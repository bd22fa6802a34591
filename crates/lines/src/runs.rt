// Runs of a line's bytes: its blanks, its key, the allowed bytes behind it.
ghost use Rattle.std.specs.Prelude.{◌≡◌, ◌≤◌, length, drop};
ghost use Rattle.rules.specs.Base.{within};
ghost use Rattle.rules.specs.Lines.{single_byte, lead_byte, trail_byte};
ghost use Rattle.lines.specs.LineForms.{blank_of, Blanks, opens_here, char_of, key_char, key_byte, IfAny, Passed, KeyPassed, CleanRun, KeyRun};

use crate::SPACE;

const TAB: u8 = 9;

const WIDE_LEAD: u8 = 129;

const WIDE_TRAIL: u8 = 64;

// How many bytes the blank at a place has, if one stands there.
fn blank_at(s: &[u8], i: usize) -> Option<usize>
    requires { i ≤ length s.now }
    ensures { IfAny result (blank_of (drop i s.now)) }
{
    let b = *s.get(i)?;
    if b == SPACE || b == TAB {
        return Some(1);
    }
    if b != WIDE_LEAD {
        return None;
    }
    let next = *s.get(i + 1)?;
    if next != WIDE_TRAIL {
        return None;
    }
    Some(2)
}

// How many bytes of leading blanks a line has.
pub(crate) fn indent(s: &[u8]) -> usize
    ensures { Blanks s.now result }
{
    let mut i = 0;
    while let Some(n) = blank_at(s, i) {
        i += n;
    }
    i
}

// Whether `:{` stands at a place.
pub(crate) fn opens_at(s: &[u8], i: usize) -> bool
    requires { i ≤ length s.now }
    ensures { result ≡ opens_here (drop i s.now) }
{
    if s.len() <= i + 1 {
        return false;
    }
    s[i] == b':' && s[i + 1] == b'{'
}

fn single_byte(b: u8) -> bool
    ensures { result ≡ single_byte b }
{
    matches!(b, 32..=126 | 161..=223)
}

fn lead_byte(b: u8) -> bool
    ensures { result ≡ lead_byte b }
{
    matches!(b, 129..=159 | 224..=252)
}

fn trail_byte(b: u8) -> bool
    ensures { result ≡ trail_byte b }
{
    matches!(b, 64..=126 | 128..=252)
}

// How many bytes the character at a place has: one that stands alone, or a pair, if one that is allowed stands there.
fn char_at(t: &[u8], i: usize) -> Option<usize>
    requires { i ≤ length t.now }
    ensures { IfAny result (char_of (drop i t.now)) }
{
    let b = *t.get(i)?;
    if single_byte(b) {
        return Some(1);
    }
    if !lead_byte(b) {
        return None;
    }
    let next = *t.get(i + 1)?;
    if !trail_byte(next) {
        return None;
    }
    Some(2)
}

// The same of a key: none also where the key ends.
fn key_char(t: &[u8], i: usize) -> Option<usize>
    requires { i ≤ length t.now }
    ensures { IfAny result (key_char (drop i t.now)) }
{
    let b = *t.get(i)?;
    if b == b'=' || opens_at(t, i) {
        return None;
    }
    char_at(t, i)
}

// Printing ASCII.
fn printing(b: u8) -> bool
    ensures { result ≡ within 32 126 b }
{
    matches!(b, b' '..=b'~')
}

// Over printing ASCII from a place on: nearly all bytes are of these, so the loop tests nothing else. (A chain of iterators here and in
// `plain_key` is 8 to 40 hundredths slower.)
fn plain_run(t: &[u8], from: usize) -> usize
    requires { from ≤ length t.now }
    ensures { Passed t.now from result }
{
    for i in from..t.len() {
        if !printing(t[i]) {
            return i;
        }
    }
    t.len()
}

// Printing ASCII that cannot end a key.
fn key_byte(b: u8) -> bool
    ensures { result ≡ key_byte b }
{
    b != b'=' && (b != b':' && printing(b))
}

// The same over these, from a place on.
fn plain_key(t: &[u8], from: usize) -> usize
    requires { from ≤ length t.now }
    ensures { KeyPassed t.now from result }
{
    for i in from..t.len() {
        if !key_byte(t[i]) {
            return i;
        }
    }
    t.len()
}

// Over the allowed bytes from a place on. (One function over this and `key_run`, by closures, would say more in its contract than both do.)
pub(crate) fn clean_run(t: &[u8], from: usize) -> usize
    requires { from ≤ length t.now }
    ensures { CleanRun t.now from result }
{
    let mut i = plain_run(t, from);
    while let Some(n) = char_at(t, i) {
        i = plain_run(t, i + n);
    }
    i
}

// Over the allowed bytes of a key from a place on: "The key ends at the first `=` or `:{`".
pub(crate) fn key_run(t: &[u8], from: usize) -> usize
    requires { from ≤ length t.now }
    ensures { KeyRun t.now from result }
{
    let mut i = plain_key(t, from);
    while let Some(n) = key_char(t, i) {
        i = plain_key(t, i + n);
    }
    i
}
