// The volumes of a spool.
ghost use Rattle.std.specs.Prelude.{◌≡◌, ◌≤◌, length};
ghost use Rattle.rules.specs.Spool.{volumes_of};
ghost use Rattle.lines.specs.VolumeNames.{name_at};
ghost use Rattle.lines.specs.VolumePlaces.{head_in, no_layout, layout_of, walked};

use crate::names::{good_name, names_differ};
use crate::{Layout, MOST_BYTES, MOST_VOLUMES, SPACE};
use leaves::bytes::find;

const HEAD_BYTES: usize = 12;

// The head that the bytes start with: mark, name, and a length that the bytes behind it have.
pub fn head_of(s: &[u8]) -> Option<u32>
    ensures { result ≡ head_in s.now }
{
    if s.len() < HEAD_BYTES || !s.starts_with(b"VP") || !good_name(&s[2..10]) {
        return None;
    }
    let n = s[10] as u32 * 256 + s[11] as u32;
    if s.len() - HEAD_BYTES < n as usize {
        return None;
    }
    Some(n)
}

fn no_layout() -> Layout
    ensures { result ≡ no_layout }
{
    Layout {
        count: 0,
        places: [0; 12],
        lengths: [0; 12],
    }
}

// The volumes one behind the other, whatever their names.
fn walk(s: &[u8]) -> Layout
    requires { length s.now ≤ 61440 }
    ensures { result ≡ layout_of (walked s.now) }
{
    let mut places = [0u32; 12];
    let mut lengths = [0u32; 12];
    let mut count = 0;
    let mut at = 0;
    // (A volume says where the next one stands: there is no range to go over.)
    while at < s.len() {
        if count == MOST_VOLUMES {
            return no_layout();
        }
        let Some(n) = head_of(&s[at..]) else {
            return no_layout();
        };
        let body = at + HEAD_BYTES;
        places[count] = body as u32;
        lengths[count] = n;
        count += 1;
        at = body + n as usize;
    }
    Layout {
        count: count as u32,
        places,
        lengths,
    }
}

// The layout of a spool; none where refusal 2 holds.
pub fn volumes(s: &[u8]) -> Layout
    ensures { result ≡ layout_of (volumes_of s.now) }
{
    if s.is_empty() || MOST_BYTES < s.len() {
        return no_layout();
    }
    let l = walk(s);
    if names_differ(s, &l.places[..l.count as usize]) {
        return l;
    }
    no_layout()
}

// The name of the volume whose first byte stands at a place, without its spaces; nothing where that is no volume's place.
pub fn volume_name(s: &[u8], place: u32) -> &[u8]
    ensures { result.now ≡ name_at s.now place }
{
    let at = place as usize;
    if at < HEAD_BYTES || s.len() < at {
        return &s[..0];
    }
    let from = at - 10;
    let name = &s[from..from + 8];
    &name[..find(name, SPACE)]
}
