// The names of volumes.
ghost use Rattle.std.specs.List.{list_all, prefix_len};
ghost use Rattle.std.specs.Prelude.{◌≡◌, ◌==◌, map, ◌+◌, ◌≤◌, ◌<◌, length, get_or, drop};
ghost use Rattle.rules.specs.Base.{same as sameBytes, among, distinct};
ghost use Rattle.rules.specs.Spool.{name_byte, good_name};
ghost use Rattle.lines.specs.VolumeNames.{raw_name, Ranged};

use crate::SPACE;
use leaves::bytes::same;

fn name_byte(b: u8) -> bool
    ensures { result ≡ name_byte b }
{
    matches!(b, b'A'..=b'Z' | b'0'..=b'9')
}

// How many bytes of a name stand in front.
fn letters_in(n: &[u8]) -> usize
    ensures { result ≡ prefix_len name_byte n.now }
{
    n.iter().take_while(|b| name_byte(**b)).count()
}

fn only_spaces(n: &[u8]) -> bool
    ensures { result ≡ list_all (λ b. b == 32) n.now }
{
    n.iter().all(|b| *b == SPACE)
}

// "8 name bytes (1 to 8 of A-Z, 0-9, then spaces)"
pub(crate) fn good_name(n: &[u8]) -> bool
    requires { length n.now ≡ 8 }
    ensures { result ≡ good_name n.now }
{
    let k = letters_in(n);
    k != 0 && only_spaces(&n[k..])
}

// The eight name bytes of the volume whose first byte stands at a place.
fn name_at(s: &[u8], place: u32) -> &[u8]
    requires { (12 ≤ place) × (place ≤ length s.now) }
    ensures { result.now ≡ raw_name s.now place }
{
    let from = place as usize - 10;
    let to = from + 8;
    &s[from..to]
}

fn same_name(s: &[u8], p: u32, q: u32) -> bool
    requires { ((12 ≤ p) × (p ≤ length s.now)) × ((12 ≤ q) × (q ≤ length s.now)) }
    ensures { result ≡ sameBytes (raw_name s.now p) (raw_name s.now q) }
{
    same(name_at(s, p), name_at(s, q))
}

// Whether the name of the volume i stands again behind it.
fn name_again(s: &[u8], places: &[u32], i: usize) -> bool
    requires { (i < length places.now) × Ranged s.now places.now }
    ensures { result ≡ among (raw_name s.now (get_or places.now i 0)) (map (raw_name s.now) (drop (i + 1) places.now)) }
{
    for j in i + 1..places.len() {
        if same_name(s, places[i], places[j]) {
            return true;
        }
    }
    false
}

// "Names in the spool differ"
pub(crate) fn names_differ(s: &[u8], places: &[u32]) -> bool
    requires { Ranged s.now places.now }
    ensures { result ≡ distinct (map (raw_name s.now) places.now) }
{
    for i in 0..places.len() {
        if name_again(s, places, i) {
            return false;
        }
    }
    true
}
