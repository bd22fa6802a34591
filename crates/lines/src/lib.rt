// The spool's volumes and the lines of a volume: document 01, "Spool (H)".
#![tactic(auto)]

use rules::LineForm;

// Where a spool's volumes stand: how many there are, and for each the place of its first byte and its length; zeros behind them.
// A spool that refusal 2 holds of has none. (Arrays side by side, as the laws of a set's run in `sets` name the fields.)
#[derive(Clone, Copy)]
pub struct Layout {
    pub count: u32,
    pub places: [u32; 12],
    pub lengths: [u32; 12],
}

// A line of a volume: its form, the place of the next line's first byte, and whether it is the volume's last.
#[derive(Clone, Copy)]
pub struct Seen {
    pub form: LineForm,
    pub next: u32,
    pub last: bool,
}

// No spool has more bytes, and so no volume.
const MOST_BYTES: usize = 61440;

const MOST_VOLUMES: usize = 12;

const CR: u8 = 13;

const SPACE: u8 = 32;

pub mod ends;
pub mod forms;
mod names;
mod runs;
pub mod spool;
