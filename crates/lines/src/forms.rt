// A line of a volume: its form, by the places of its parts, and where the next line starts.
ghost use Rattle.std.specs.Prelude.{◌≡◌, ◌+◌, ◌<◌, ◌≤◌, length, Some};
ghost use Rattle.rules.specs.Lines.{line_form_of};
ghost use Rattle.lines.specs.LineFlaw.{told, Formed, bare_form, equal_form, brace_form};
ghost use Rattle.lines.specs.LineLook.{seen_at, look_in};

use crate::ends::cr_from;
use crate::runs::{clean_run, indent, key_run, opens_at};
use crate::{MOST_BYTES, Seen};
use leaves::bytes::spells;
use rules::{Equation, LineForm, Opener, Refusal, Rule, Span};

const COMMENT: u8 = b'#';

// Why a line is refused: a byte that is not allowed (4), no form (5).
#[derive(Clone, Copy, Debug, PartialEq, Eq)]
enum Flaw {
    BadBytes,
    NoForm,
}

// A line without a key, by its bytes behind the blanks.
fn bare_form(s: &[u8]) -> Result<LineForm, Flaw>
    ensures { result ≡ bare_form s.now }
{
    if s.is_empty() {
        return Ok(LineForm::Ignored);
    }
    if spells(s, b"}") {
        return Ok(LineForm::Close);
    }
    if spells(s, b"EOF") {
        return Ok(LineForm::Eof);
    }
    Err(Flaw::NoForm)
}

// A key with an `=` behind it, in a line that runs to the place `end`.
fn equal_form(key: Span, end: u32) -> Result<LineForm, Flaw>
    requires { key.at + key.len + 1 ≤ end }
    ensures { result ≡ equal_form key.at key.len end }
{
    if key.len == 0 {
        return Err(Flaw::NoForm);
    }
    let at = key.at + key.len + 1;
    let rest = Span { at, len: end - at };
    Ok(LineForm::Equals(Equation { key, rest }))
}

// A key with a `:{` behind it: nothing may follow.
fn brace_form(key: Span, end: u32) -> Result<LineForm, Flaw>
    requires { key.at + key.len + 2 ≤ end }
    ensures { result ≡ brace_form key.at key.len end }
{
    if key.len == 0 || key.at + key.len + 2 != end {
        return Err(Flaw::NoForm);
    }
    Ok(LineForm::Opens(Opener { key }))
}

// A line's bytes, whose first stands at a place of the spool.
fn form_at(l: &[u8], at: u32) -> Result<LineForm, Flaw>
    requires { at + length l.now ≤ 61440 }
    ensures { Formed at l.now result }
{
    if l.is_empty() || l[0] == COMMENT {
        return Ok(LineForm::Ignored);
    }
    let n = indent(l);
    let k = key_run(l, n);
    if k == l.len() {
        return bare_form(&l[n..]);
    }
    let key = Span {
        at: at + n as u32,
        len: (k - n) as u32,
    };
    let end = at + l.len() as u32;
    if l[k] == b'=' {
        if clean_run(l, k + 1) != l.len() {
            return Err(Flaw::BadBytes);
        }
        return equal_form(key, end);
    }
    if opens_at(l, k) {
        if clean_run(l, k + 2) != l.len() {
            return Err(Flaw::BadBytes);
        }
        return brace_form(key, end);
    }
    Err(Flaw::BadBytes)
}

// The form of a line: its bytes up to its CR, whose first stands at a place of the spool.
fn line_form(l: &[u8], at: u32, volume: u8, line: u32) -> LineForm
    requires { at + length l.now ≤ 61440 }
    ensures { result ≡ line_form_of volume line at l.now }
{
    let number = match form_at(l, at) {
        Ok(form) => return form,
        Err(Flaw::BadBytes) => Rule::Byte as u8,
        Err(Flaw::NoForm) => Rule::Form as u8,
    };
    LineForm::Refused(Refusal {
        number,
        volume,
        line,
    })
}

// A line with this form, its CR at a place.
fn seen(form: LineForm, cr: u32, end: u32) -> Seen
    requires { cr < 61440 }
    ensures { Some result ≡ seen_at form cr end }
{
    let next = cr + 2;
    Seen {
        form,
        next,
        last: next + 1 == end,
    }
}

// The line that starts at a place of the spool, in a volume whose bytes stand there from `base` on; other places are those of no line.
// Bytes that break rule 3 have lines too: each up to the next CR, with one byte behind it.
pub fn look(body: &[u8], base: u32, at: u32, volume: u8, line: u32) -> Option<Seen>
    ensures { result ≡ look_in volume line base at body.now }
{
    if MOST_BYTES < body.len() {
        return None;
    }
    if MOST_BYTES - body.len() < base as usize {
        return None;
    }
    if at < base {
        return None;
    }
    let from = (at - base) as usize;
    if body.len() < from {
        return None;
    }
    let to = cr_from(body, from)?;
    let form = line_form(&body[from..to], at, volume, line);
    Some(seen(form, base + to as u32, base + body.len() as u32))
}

TASK DETAILS |
All that is wanted is the stretch of lines above from the one containing "let mut i = plain_key(t, from);" through the one containing "const HEAD_BYTES: usize = 12;", duplicated exactly.

YOUR RESPONSE |
    let mut i = plain_key(t, from);
    while let Some(n) = key_char(t, i) {
        i = plain_key(t, i + n);
    }
    i
}
// The volumes of a spool.
ghost use Rattle.std.specs.Prelude.{◌≡◌, ◌≤◌, length};
ghost use Rattle.rules.specs.Spool.{volumes_of};
ghost use Rattle.lines.specs.VolumeNames.{name_at};
ghost use Rattle.lines.specs.VolumePlaces.{head_in, no_layout, layout_of, walked};

use crate::names::{good_name, names_differ};
use crate::{Layout, MOST_BYTES, MOST_VOLUMES, SPACE};
use leaves::bytes::find;

const HEAD_BYTES: usize = 12;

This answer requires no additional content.